[[ Supplied records open ]]
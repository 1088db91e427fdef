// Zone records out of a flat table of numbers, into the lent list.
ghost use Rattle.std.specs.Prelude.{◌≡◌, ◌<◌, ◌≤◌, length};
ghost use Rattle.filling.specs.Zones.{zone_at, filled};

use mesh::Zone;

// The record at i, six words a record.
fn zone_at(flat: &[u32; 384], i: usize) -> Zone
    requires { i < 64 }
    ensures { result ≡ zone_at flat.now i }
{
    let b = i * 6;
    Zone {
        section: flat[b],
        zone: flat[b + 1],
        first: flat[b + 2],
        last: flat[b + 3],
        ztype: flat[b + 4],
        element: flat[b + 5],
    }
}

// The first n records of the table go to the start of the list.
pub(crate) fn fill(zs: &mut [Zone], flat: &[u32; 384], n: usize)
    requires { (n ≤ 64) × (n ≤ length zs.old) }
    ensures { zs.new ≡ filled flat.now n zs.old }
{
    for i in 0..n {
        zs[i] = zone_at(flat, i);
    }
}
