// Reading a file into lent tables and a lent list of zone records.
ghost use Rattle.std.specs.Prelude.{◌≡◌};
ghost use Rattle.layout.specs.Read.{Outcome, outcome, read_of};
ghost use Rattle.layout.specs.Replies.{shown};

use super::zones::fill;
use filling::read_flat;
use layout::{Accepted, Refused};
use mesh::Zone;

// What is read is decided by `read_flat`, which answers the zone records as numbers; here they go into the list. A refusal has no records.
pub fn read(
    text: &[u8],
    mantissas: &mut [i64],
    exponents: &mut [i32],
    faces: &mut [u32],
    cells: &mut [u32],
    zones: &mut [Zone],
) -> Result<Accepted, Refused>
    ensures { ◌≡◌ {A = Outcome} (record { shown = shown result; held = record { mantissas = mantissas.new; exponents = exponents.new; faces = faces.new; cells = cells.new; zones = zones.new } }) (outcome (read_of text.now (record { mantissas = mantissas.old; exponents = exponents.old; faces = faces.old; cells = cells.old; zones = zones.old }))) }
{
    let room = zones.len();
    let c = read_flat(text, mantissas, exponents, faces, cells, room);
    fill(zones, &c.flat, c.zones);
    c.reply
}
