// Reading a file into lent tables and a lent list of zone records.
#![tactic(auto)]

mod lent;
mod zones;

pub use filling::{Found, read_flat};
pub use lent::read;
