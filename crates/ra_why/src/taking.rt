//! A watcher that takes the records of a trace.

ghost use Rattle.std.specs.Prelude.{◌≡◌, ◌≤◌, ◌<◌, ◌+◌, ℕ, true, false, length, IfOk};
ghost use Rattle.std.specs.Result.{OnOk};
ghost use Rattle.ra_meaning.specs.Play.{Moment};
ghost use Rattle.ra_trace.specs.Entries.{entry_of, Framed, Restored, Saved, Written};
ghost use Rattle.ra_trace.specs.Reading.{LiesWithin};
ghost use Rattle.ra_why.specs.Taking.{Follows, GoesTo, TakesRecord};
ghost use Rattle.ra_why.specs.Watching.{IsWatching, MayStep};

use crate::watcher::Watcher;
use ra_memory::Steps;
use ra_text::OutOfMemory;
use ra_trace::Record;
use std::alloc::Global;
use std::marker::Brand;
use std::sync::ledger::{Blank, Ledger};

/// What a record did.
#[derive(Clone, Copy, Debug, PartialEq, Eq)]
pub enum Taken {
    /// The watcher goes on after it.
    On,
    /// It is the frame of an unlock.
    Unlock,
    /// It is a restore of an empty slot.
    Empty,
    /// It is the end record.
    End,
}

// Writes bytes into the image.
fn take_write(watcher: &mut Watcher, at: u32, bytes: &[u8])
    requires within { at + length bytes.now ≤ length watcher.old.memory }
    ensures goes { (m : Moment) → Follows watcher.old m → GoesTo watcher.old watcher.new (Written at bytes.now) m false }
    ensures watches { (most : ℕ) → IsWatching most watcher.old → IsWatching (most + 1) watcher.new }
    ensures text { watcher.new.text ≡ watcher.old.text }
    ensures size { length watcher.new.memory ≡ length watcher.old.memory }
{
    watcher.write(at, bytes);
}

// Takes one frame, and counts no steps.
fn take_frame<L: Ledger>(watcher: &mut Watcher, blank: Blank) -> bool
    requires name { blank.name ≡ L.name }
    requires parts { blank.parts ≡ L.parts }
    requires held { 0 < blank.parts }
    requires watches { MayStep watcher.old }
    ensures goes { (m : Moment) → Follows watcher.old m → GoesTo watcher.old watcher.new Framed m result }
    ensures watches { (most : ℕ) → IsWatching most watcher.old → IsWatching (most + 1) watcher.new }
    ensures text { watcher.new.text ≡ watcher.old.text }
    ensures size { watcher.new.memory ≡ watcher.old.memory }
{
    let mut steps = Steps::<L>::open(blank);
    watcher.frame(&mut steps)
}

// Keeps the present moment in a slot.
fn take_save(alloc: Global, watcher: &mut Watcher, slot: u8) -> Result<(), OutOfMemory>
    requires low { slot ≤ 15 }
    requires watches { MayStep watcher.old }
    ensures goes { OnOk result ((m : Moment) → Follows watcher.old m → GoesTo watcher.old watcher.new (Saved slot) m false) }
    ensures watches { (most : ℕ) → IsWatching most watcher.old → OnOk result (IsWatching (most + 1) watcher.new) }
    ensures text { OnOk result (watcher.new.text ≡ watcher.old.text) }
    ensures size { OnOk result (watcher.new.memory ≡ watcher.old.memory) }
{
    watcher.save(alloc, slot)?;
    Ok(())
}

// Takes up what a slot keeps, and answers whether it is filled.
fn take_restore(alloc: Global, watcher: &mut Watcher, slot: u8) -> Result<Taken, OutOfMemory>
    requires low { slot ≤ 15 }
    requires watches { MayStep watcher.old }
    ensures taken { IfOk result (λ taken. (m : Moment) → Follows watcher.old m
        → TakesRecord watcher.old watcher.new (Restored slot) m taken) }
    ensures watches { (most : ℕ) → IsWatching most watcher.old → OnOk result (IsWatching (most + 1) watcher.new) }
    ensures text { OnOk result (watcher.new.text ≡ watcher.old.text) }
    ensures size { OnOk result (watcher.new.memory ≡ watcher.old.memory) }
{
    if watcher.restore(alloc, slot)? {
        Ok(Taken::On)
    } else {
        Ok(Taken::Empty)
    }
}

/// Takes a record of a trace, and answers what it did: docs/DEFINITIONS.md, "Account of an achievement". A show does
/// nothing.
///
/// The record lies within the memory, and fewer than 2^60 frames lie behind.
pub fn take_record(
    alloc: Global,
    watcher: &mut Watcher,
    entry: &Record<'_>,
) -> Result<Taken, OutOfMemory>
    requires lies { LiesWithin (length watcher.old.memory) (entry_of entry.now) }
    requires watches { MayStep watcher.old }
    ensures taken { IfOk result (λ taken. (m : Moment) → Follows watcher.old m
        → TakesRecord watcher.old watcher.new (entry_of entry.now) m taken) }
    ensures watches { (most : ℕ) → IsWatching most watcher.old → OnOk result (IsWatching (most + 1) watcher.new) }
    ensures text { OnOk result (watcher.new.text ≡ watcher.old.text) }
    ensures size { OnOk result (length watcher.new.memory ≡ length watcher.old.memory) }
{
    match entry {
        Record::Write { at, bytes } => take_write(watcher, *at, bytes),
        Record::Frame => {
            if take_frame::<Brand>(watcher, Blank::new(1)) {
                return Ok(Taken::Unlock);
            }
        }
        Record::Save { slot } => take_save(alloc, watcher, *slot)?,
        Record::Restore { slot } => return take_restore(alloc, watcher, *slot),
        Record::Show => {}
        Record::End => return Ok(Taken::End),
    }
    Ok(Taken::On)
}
[[ Supplied records closed ]]
→ Problem to work on
Work out how many lines in the records above include the string "outcome", and provide that figure with no other text.

→ Your solution
2